START EXERCISE DATA

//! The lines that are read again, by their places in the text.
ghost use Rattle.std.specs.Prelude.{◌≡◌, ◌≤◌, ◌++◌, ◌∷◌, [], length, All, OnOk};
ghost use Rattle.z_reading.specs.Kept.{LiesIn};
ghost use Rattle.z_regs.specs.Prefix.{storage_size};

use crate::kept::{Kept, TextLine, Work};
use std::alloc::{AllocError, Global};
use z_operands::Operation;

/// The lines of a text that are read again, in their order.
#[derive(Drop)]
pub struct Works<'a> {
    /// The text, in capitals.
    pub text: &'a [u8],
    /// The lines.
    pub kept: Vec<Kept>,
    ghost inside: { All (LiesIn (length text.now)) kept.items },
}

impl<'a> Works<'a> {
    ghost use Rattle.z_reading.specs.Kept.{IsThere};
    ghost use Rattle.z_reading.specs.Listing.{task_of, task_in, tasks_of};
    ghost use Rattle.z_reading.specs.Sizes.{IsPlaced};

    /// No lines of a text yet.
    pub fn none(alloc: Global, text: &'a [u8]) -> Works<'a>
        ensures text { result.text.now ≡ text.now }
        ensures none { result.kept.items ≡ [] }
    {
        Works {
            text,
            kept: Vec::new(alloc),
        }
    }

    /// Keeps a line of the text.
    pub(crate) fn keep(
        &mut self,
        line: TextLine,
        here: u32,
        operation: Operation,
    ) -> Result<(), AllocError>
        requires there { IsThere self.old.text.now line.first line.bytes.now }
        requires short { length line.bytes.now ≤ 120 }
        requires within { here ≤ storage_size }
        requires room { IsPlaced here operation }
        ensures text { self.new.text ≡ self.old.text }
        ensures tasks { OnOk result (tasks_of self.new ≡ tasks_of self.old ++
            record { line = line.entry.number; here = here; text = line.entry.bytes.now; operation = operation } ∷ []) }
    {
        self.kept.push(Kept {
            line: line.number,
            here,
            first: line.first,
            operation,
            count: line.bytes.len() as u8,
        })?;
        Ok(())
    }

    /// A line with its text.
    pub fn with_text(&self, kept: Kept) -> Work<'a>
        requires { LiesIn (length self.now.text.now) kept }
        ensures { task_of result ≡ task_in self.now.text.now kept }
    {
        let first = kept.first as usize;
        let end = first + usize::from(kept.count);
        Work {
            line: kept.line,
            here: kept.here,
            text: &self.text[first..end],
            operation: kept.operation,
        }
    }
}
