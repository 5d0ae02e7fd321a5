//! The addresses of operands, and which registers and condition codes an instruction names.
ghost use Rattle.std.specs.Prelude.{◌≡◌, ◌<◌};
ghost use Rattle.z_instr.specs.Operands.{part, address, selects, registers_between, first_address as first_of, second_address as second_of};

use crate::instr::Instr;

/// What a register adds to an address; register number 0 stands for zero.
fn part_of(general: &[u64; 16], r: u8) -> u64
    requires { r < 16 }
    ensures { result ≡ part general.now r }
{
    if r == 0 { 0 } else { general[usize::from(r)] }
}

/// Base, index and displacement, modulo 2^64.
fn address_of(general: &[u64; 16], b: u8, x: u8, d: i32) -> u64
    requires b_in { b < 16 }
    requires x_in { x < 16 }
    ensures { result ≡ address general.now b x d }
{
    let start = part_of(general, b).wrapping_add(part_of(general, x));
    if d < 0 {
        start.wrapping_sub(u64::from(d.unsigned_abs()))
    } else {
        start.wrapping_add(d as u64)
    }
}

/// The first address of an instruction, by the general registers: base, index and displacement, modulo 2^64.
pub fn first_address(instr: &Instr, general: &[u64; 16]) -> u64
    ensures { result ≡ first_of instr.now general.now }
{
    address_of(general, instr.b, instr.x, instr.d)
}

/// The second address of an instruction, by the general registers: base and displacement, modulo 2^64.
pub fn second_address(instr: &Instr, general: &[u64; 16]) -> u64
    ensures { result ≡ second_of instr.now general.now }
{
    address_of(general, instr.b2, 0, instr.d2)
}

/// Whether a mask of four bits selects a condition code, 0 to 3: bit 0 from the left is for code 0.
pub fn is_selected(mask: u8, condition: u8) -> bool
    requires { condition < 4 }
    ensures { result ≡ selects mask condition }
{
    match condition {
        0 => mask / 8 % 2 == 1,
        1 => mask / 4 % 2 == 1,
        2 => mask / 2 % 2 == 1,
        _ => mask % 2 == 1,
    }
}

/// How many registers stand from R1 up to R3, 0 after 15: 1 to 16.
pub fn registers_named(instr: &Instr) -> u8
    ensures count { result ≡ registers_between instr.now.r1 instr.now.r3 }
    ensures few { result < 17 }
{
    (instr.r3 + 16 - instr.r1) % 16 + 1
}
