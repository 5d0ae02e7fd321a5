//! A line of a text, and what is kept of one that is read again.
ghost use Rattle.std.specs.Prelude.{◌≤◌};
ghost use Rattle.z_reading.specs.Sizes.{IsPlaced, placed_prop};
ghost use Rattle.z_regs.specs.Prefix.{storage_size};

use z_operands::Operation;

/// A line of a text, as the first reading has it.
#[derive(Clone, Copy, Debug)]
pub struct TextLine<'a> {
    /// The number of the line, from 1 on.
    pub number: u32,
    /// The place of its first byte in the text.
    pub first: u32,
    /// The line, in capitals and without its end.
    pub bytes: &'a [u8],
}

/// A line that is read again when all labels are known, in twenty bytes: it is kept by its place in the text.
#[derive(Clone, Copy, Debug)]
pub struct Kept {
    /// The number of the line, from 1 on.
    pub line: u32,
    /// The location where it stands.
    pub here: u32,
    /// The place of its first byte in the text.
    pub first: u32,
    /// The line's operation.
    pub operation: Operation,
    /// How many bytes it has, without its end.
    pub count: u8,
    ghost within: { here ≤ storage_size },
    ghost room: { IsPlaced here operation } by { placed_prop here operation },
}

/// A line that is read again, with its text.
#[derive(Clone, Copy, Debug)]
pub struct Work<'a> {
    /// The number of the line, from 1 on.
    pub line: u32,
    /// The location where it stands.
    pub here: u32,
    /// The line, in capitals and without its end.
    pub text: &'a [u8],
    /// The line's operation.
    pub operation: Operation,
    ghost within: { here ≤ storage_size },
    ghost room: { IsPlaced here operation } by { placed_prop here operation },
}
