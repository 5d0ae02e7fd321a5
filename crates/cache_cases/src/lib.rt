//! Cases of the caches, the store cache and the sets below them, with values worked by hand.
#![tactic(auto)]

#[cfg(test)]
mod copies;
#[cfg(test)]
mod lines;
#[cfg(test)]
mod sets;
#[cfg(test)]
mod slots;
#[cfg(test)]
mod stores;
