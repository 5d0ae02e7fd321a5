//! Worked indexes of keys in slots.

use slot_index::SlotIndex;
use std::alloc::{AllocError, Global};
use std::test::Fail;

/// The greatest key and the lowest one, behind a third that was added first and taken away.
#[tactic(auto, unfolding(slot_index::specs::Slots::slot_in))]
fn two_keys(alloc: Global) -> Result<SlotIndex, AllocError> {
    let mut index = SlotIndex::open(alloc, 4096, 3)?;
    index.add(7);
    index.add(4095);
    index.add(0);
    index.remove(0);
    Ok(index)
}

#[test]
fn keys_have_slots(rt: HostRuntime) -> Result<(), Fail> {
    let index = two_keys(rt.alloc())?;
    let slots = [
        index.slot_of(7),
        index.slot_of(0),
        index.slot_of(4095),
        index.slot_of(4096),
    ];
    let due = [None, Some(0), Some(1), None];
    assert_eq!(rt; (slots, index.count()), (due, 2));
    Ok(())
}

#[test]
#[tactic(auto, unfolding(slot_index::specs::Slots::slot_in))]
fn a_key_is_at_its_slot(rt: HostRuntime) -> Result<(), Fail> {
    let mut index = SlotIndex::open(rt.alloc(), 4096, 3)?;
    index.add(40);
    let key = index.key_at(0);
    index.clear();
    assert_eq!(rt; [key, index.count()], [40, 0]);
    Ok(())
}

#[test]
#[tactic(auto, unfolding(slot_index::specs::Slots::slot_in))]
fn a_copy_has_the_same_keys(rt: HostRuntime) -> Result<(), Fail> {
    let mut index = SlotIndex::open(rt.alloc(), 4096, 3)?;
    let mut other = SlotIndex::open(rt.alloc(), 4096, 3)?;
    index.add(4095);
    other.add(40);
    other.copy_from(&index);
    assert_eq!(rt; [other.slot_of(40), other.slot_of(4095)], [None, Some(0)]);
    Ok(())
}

END EXERCISE DATA
START EXERCISE DATA

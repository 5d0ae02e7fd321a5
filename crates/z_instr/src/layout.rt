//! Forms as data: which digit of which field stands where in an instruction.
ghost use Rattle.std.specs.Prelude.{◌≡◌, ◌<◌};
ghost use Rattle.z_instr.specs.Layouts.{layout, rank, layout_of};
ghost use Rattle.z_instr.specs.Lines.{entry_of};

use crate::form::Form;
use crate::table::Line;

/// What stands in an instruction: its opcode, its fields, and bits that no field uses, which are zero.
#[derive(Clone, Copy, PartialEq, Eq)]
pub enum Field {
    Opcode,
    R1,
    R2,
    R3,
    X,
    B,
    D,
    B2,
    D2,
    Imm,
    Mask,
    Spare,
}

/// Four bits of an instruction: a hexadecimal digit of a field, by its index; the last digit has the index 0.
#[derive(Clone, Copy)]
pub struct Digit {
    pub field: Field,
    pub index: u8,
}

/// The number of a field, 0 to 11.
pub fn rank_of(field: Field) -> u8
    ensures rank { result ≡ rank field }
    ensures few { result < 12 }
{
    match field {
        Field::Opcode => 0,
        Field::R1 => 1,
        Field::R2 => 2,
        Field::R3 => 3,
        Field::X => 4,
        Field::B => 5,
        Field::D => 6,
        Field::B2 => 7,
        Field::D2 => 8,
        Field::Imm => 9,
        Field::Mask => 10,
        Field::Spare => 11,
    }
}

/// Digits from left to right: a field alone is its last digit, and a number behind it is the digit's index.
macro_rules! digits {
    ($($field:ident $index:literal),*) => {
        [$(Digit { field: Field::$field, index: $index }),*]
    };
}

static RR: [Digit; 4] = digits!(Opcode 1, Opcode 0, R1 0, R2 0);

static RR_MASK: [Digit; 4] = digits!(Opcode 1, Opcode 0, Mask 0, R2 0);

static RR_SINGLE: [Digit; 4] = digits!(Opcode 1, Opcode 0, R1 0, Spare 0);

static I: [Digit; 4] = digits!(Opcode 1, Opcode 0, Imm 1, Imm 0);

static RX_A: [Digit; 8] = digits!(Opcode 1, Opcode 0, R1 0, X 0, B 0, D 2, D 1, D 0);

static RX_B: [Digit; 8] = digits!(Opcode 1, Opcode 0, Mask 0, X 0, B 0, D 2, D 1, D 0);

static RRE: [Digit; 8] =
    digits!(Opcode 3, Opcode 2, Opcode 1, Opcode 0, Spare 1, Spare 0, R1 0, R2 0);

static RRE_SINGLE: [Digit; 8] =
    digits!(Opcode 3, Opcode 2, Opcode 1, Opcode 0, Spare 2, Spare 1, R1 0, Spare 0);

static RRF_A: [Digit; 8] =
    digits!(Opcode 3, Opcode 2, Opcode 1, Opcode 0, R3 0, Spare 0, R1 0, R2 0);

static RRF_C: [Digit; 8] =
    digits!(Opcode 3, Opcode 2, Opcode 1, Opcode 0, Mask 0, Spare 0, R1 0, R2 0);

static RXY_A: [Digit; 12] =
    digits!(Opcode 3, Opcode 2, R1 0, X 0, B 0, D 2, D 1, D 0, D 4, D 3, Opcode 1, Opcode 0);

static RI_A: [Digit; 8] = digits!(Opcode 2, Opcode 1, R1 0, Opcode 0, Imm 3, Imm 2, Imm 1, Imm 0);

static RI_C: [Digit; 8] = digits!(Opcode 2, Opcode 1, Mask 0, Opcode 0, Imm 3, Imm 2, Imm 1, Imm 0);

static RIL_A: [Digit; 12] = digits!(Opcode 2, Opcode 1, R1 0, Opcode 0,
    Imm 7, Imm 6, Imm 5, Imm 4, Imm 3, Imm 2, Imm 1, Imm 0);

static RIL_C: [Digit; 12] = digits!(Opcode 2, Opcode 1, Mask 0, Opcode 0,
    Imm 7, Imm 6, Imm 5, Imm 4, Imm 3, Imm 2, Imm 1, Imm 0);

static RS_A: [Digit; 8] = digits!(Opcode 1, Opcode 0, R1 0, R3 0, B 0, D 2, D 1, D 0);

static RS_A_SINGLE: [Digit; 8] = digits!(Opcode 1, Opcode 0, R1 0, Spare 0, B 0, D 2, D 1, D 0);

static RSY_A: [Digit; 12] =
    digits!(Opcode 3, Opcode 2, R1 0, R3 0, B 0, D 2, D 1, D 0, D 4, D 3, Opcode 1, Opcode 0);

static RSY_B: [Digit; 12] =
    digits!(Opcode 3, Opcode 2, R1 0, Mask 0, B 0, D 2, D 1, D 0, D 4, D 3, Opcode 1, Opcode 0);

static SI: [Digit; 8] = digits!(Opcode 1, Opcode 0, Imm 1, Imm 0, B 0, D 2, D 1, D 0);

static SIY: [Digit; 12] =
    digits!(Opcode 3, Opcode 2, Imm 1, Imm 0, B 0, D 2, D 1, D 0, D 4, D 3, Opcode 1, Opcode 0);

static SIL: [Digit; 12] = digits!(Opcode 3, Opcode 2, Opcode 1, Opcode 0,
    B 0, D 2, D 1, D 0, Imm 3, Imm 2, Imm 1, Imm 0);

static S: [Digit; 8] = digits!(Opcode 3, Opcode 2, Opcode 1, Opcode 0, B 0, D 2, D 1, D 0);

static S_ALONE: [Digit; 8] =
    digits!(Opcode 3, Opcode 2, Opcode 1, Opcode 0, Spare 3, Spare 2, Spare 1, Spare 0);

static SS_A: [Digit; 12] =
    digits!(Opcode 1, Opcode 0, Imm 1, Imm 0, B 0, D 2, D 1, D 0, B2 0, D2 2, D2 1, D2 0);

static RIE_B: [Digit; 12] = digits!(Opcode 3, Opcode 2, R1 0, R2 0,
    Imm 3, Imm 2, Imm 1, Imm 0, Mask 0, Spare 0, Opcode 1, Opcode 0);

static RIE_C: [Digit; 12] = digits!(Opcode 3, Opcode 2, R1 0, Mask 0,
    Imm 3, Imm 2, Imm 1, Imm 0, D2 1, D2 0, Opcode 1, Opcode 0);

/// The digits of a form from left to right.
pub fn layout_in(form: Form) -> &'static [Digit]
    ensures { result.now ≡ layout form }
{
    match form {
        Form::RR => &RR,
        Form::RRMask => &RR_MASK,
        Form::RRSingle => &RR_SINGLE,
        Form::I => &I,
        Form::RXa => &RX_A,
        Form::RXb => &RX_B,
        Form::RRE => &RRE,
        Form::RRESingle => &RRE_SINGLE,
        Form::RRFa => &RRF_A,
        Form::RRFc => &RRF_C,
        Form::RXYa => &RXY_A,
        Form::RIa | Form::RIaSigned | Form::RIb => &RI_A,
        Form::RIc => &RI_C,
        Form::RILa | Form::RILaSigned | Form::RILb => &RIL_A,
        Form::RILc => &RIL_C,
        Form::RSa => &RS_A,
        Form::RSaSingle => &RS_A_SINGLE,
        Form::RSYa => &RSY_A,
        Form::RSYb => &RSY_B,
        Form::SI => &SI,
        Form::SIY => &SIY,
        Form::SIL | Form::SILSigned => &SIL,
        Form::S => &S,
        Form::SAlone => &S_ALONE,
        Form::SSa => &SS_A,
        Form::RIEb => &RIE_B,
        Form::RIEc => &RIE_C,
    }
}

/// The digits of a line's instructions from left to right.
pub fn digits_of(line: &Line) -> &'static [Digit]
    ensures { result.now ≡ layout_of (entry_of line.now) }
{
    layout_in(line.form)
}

END EXERCISE DATA
START EXERCISE DATA

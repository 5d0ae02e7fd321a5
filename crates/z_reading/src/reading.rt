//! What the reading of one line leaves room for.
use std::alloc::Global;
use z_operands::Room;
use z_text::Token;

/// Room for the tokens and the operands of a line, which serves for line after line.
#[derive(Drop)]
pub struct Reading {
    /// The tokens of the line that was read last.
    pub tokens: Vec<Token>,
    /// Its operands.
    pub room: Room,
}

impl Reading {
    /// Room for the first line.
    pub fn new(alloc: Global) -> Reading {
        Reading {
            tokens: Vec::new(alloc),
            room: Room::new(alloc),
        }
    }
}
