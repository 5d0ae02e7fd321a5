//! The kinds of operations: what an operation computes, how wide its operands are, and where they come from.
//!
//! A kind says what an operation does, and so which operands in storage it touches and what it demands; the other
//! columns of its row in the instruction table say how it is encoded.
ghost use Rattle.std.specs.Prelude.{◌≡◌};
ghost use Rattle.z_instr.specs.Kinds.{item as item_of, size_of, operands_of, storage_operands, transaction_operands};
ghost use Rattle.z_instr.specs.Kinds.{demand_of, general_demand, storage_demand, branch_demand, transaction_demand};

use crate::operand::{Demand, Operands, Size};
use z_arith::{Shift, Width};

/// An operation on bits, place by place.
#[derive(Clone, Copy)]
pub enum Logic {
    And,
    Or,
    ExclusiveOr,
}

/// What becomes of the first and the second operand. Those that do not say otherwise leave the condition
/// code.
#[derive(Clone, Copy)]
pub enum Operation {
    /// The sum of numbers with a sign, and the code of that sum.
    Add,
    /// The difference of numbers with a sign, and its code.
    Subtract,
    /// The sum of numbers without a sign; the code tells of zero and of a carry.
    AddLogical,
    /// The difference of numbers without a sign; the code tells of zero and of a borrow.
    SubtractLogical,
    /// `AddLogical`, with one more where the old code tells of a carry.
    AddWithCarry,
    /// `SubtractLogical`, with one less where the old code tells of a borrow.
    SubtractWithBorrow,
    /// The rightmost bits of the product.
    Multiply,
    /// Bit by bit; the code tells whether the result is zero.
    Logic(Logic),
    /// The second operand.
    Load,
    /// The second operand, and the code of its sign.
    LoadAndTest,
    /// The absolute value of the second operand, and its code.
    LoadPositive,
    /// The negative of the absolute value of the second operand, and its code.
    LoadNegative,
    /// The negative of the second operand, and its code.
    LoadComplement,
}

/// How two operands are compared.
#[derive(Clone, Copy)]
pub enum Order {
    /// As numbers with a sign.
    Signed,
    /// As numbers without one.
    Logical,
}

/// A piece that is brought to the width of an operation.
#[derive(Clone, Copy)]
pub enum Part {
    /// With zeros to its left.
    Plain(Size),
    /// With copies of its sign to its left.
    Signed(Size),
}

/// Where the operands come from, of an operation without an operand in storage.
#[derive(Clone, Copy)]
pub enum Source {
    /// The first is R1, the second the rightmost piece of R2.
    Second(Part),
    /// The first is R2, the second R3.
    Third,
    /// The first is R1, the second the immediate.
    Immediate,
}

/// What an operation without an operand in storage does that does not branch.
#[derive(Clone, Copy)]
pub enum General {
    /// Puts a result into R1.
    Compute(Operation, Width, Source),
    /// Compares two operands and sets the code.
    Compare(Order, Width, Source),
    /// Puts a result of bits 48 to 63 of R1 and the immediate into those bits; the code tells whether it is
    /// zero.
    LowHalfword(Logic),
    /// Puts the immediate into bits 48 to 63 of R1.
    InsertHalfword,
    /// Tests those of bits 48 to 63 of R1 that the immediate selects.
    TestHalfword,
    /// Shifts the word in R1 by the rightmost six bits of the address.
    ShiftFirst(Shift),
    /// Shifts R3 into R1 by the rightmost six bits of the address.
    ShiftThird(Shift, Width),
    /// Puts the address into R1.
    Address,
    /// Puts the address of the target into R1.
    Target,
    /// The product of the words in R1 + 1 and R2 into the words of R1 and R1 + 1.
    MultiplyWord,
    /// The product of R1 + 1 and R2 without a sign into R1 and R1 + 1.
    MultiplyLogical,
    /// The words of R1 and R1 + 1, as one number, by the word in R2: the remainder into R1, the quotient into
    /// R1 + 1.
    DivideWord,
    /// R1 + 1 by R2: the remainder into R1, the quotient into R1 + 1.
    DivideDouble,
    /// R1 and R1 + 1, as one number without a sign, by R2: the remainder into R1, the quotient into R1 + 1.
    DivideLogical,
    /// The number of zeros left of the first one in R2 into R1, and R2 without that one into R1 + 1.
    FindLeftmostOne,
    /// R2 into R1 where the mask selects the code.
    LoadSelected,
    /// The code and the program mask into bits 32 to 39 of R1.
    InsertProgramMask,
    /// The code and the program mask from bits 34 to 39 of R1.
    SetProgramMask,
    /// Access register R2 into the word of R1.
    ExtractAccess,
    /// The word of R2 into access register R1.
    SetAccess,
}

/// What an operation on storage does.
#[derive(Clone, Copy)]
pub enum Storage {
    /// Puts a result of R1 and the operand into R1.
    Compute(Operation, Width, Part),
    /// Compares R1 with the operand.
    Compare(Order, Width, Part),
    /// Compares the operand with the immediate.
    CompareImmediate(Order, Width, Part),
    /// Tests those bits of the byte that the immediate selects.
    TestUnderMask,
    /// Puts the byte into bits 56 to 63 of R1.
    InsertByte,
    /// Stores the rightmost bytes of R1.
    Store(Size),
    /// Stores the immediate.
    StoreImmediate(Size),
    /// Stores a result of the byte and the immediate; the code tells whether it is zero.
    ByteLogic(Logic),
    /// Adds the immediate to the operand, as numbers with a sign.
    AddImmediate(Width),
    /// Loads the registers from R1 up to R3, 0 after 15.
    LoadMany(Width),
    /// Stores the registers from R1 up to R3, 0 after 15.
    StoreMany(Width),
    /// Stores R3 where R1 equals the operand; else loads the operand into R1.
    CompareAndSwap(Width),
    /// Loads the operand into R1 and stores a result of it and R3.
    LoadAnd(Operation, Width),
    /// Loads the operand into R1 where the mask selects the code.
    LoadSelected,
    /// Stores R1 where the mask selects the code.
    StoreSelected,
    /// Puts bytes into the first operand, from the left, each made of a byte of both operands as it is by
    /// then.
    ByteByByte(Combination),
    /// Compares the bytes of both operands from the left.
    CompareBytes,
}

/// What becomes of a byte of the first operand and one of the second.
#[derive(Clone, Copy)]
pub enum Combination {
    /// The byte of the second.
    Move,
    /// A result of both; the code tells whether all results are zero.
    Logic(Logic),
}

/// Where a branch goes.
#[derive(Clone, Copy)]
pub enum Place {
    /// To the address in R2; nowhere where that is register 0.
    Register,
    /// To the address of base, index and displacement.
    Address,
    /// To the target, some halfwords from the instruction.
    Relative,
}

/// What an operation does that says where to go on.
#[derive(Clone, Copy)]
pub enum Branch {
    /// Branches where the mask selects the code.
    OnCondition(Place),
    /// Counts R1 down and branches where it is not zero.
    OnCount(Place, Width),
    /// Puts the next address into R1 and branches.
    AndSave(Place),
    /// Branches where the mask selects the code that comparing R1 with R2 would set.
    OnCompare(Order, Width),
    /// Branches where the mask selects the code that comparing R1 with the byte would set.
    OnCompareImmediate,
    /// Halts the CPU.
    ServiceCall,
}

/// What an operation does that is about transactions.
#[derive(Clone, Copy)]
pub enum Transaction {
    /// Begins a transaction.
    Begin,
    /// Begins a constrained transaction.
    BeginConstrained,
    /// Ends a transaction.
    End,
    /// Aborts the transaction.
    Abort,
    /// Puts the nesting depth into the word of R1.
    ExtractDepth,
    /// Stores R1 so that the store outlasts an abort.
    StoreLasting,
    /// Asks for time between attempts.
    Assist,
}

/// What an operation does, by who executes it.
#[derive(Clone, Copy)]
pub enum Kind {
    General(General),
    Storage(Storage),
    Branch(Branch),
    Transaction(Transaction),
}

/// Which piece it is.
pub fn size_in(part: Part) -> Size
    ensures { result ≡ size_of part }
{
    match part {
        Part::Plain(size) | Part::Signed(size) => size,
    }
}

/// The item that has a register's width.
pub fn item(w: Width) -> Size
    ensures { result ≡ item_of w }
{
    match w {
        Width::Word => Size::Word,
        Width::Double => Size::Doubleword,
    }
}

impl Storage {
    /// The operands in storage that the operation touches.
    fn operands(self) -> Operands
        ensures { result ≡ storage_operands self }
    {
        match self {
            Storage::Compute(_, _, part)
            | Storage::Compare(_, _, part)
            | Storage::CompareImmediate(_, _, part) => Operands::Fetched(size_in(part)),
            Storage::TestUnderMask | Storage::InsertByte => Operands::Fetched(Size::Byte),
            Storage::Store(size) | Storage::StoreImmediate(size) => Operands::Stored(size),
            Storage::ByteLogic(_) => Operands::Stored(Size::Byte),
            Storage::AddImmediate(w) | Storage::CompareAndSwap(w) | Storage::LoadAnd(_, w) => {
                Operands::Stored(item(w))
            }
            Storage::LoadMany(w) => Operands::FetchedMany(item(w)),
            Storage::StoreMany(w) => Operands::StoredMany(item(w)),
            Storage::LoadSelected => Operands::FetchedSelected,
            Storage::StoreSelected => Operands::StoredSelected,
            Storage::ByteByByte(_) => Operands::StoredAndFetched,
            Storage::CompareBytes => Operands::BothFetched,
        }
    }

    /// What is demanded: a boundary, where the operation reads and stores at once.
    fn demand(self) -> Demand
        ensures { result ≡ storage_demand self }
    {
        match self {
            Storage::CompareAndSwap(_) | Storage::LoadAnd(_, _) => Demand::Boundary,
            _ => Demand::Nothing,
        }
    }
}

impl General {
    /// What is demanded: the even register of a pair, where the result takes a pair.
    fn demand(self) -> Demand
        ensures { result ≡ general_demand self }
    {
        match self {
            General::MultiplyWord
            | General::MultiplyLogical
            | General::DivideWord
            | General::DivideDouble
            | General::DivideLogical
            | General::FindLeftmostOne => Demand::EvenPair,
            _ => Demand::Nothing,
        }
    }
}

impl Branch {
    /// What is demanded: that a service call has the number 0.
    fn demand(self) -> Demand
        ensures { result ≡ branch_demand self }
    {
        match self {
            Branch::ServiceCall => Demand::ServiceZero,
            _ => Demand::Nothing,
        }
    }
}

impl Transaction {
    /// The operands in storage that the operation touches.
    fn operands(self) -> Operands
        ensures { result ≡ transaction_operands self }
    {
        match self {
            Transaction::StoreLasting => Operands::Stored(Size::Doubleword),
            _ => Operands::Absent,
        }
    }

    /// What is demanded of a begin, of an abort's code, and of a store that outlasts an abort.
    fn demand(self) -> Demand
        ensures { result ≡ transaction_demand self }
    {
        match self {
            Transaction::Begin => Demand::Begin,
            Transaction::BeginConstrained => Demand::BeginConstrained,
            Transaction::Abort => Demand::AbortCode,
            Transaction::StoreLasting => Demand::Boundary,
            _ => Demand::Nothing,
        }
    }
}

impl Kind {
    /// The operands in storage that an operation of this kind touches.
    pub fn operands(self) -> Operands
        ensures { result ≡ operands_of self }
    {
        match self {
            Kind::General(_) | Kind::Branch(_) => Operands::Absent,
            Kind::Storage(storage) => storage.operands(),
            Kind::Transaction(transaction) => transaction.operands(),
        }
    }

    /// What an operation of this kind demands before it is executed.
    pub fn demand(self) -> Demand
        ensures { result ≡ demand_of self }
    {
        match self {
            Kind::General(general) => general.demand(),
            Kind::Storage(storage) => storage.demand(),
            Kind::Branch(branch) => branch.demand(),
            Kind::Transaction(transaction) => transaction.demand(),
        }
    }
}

END EXERCISE DATA

Go to the line with "places in the text." in the entries above and repeat every line from there through the line with "pub fn none(alloc: Global, text: &'a", exactly and with no other text.

- [TASK OUTPUT]
//! The lines that are read again, by their places in the text.
ghost use Rattle.std.specs.Prelude.{◌≡◌, ◌≤◌, ◌++◌, ◌∷◌, [], length, All, OnOk};
ghost use Rattle.z_reading.specs.Kept.{LiesIn};
ghost use Rattle.z_regs.specs.Prefix.{storage_size};

use crate::kept::{Kept, TextLine, Work};
use std::alloc::{AllocError, Global};
use z_operands::Operation;

/// The lines of a text that are read again, in their order.
#[derive(Drop)]
pub struct Works<'a> {
    /// The text, in capitals.
    pub text: &'a [u8],
    /// The lines.
    pub kept: Vec<Kept>,
    ghost inside: { All (LiesIn (length text.now)) kept.items },
}

impl<'a> Works<'a> {
    ghost use Rattle.z_reading.specs.Kept.{IsThere};
    ghost use Rattle.z_reading.specs.Listing.{task_of, task_in, tasks_of};
    ghost use Rattle.z_reading.specs.Sizes.{IsPlaced};

    /// No lines of a text yet.
    pub fn none(alloc: Global, text: &'a [u8]) -> Works<'a>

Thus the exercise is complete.